まさかの再婚

もう結婚はしないと誓ったはずが中学時代からの幼馴染みと再婚してしまった。

お互い、離婚経験者。私が先に離婚していたので励ますつもりで一緒に飲みに行って、飲みすぎて後は覚えていない。朝、目覚めたら、次の夫となった人が隣で「おはよう~」と照れていた。なんてことだ、頭がパニック。どうやら逃げられない状況になったらしい。

しかし、彼は幼少期に父親が病死、高校生で母親を亡くし天涯孤独になった弟のような存在。放置できなかった。いつの間にか自分が傍にいてあげたいと思ってしまった。

しかも遠距離恋愛。社長の他は彼しか従業員がいない零細企業勤務だった彼に、遠距離で会うための交通費を出せるほどのお給料はなかった。なので、私がチケットを買って彼に会いに行っていた。

彼と会うためにはお金が必要で、夜勤の回数を増やしたが、彼はその間に浮気していたこともわかった。それなら、別れましょう。私が傍にいる必要はないね。

バカみたい。一時、かの地で開業して仕事することも考えて病院長たちに相談までしたのに。

彼と別れた直後、私は母校からお誘いを受け大学教員になることを決め札幌にとどまった。あ~、すっきりした。もう男はなし、仕事に専念しよう。

そう思った矢先、彼が札幌に就職を決めていきなり現れた。逃げられなくなった。

そして、三十二歳で目の前に男が現れたら、ついつい「子どもが産めるかもしれない」と思ってしまった。二回も妊娠して産めなかったから、産めるなら産みたいとつい思ってしまった。産むなら最後のチャンスという悪魔の囁きも聞こえた。もうホルモンも限界、女のサガというやつ。

しかも、彼は改心して、「あなたの仕事を支えたい」、とまで言ったので、それを前提に再婚した。姑がいないことや父のようにゴルフや高級趣味をしないこと、私の言うことを聞いてくれることなど条件がそろい、逆にカモがネギをしょって目の前に現れたと考えるべきかもしれない、そう思ってしまった。
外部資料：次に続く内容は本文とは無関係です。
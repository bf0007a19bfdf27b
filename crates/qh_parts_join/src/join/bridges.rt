//! Polygons that close the gap between the faces of parts, and the check that each is a face of the kept ids of all
//! parts.
//!
//! A plane is tested against the own corners of each part by their blocks. The planes of consecutive polygons are
//! tested together.
ghost use Rattle.std.specs.Prelude.{◌≡◌, ◌++◌, ◌<◌, ◌↔◌, ℕ, List, IfOk, IfSome, IsTrue, Ok, length, map, pos, true};
ghost use Rattle.std.specs.List.{All, flat_map, Sorted.IsStrictlyIncreasing};
ghost use Rattle.qh_model.specs.{contract.IdSets.AreIndices, headline.Vector.Vector};
ghost use Rattle.qh_places.specs.contract.Places.{AreLevel};
ghost use Rattle.qh_pred.specs.contract.Planes.{height};
ghost use Rattle.qh_parts_join.specs.contract.Kept.{held_in, ArePlaced, AreHeld};
ghost use Rattle.qh_parts_join.specs.steps.Bridges.{places_in, IsBridge};

use crate::join::kept::Kept;
use crate::join::near_parts::{NearPart, cost_of};
use crate::join::three::Three;
use qh_model::{Id, Memory, Point, Polygon};
use qh_places::{Budget, Places};
use qh_polygon::{polygon, rising_ids};
use qh_pred::{Plane, cross, in_line, point_at};
use qh_threads::map_chunks;
use std::alloc::{AllocError, Global};
use std::thread::Threads;

/// The number of polygons whose planes are tested together.
const GROUP: usize = 4;

/// The budget of blocks and points to test, for each own corner of the parts, when the bridges of a piece are shown to
/// be faces. If the budget runs out, the bridges are refused. A piece of a round set tests 15 at most; the hull by one
/// thread takes as long as 400.
const LOOKED_FOR_EACH: u32 = 24;

/// The number of pieces for each thread into which bridges are cut. Few, since each piece has a budget of its own.
const PIECES_FOR_EACH: usize = 4;

/// Returns for each part the positions to test against some planes. It is faster if the planes have similar slants and
/// pass near one point.
fn nears_of<'a>(
    alloc: Global,
    corners: &'a [Places],
    origin: Point,
    planes: &[Plane],
) -> Result<Vec<NearPart<'a>>, AllocError>
    ensures { IfOk result (λ v. map places_in v.items ≡ corners.now) }
{
    let mut nears = Vec::new(alloc);
    for places in corners {
        let near = places.near_planes(alloc, origin, planes)?;
        nears.push(NearPart { places, near })?;
    }
    Ok(nears)
}

/// Appends to `level` the own corners of all parts whose points lie in a plane. Returns false if a corner is above it.
/// `room` is scratch for the corners of one part.
fn list_own(
    plane: &Plane,
    nears: &[NearPart],
    room: &mut Vec<Id>,
    level: &mut Vec<Id>,
) -> Result<bool, AllocError>
    ensures { IfOk result (λ below. IsTrue below → (pts : List Vector) → All (ArePlaced pts) (map places_in nears.now)
        → (ids : List ℕ) → AreLevel pts ids plane.now level.old.items
        → AreLevel pts (ids ++ flat_map held_in (map places_in nears.now)) plane.now level.new.items) }
{
    for part in nears {
        let above = part.places.on_plane(plane, &part.near, room)?;
        if let Some(_) = above {
            return Ok(false);
        }
        level.extend_from_slice(room)?;
    }
    Ok(true)
}

/// Returns true if a point lies in a plane.
fn is_on(plane: &Plane, point: Point) -> bool
    ensures { IsTrue result ↔ (height plane.now point ≡ pos 0) }
{
    plane.height(point) == 0
}

/// Appends to `level` those of some ids whose points lie in a plane. Returns false if one is above it.
fn list_ids(
    pts: &[Point],
    plane: &Plane,
    others: &[Id],
    level: &mut Vec<Id>,
) -> Result<bool, AllocError>
    requires { AreIndices pts.now others.now }
    ensures { IfOk result (λ below. IsTrue below → (ids : List ℕ) → AreLevel pts.now ids plane.now level.old.items
        → AreLevel pts.now (ids ++ others.now) plane.now level.new.items) }
{
    for id in others {
        let point = point_at(pts, *id);
        if plane.sees(point) {
            return Ok(false);
        }
        if is_on(plane, point) {
            level.push(*id)?;
        }
    }
    Ok(true)
}

/// Returns the kept ids of all parts that lie in a plane, rising, if no kept id is above it. `nears` has each part.
fn level_of(
    alloc: Global,
    kept: Kept,
    nears: &[NearPart],
    plane: &Plane,
) -> Result<Option<Vec<Id>>, Memory>
    requires { map places_in nears.now ≡ kept.corners.now }
    ensures rising { IfOk result (λ found. IfSome found (λ v. IsStrictlyIncreasing v.items)) }
    ensures level { IfOk result (λ found. IfSome found (λ v. (ids : List ℕ) → AreHeld kept.entry.corners.now kept.entry.shared.now ids
        → AreLevel kept.entry.pts.now ids plane.now v.items)) }
{
    let mut level = Vec::new(alloc);
    let mut room = Vec::new(alloc);
    let own = list_own(plane, nears, &mut room, &mut level)?;
    if !own {
        return Ok(None);
    }
    let shared = list_ids(kept.pts, plane, kept.shared, &mut level)?;
    if !shared {
        return Ok(None);
    }
    let rising = rising_ids(alloc, &level)?;
    Ok(Some(rising))
}

/// Returns true if a polygon that begins with three ids is a face of the kept ids of all parts. `nears` has each part.
fn is_face_at(
    alloc: Global,
    kept: Kept,
    nears: &[NearPart],
    three: Three,
    claimed: &Polygon,
) -> Result<bool, Memory>
    requires nears { map places_in nears.now ≡ kept.corners.now }
    requires i { three.i < length kept.pts.now }
    requires j { three.j < length kept.pts.now }
    requires k { three.k < length kept.pts.now }
    ensures { IfOk result (λ yes. IsTrue yes → IsBridge kept.entry.pts.now kept.entry.corners.now kept.entry.shared.now claimed.now) }
{
    let (a, b, c) = (
        point_at(kept.pts, three.i),
        point_at(kept.pts, three.j),
        point_at(kept.pts, three.k),
    );
    if in_line(a, b, c) {
        return Ok(false);
    }
    let plane = Plane::through(a, b, c);
    let Some(level) = level_of(alloc, kept, nears, &plane)? else {
        return Ok(false);
    };
    if !three.is_in(&level) {
        return Ok(false);
    }
    let face = polygon(alloc, kept.pts, &level, &cross(a, b, c))?;
    Ok(face.ids() == claimed.ids())
}

/// Returns true if a polygon is a face of the kept ids of all parts. `nears` has each part.
fn is_face(alloc: Global, kept: Kept, nears: &[NearPart], claimed: &Polygon) -> Result<bool, Memory>
    requires { map places_in nears.now ≡ kept.corners.now }
    ensures { IfOk result (λ yes. IsTrue yes → IsBridge kept.entry.pts.now kept.entry.corners.now kept.entry.shared.now claimed.now) }
{
    let [i, j, k, ..] = claimed.ids() else {
        return Ok(false);
    };
    let count = kept.pts.len();
    if i.index() >= count || j.index() >= count || k.index() >= count {
        return Ok(false);
    }
    let three = Three {
        i: *i,
        j: *j,
        k: *k,
    };
    is_face_at(alloc, kept, nears, three, claimed)
}

/// Returns the planes of those polygons whose first three corners are indices of points.
fn planes_of(alloc: Global, pts: &[Point], polygons: &[Polygon]) -> Result<Vec<Plane>, AllocError> {
    let mut planes = Vec::with_capacity(alloc, polygons.len())?;
    for claimed in polygons {
        if let [i, j, k, ..] = claimed.ids() {
            let corners = (pts.get(i.index()), pts.get(j.index()), pts.get(k.index()));
            if let (Some(a), Some(b), Some(c)) = corners {
                planes.push(Plane::through(*a, *b, *c))?;
            }
        }
    }
    Ok(planes)
}

/// Returns the point of the first corner of the first polygon, or another point.
fn origin_of(pts: &[Point], polygons: &[Polygon]) -> Point {
    let none = Point::new(0, 0, 0);
    let Some(claimed) = polygons.first() else {
        return none;
    };
    let [id, ..] = claimed.ids() else {
        return none;
    };
    match pts.get(id.index()) {
        Some(point) => *point,
        None => none,
    }
}

/// Returns true if each of some polygons is a face of the kept ids of all parts. It is faster if their planes have
/// similar slants. Returns false, too, if the budget runs out.
fn is_group(
    alloc: Global,
    kept: Kept,
    group: &[Polygon],
    budget: &mut Budget,
) -> Result<bool, Memory>
    ensures { IfOk result (λ yes. IsTrue yes → All
        (IsBridge kept.entry.pts.now kept.entry.corners.now kept.entry.shared.now) group.now) }
{
    let planes = planes_of(alloc, kept.pts, group)?;
    let origin = origin_of(kept.pts, group);
    let nears = nears_of(alloc, kept.corners, origin, &planes)?;
    if !budget.spend(cost_of(&nears, planes.len())) {
        return Ok(false);
    }
    for claimed in group {
        let yes = is_face(alloc, kept, &nears, claimed)?;
        if !yes {
            return Ok(false);
        }
    }
    Ok(true)
}

/// Returns true if each of some polygons is a face of the kept ids of all parts. It is faster if near polygons follow
/// each other. Returns false, too, if the budget runs out.
fn are_faces(alloc: Global, kept: Kept, polygons: &[Polygon]) -> Result<bool, Memory>
    ensures { IfOk result (λ yes. IsTrue yes → All
        (IsBridge kept.entry.pts.now kept.entry.corners.now kept.entry.shared.now) polygons.now) }
{
    let mut budget = Budget::for_each(kept.corner_count(), LOOKED_FOR_EACH);
    let mut rest = polygons;
    while rest.len() > 0 {
        let (group, others) = rest.split_at(GROUP.min(rest.len()));
        let yes = is_group(alloc, kept, group, &mut budget)?;
        if !yes {
            return Ok(false);
        }
        rest = others;
    }
    Ok(true)
}

/// Returns true if every answer is true.
fn are_all(answers: &[Result<bool, Memory>]) -> Result<bool, Memory>
    ensures { IfOk result (λ all. IsTrue all → All (λ a. a ≡ Ok true) answers.now) }
{
    for answer in answers {
        let yes = (*answer)?;
        if !yes {
            return Ok(false);
        }
    }
    Ok(true)
}

/// Returns true if each of some polygons is a face of the kept ids of a set, by a number of threads. `workers` of 0
/// counts as one.
pub(crate) fn are_bridges<R: Threads>(
    rt: &R,
    alloc: Global,
    kept: Kept,
    bridges: &[Polygon],
    workers: usize,
) -> Result<bool, Memory>
    ensures { IfOk result (λ all. IsTrue all → All
        (IsBridge kept.entry.pts.now kept.entry.corners.now kept.entry.shared.now) bridges.now) }
{
    let look = move |_start: usize, part: &[Polygon]| -> Result<bool, Memory>
        ensures { IfOk result (λ yes. IsTrue yes → All
            (IsBridge kept.entry.pts.now kept.entry.corners.now kept.entry.shared.now) part.now) }
    { are_faces(alloc, kept, part) };
    let size = bridges.len() / workers.max(1).saturating_mul(PIECES_FOR_EACH) + 1;
    let answers = map_chunks(rt, alloc, workers, bridges, size, &look)?;
    are_all(&answers)
}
しかも、高校の同級生だ。何かあれば友達が支えになる、と同級生を保険にかけた。これが、あだとなると思わずに。そう、離婚で、私は自分の高校時代の友人をも失った。皆、彼の生い立ちに同情していたのか、気の強い私のせいで離婚したのだと思っていたようだ。

誰も、彼のDVを信じてくれなかった。私は、高校の同期会に行くことができなくなった。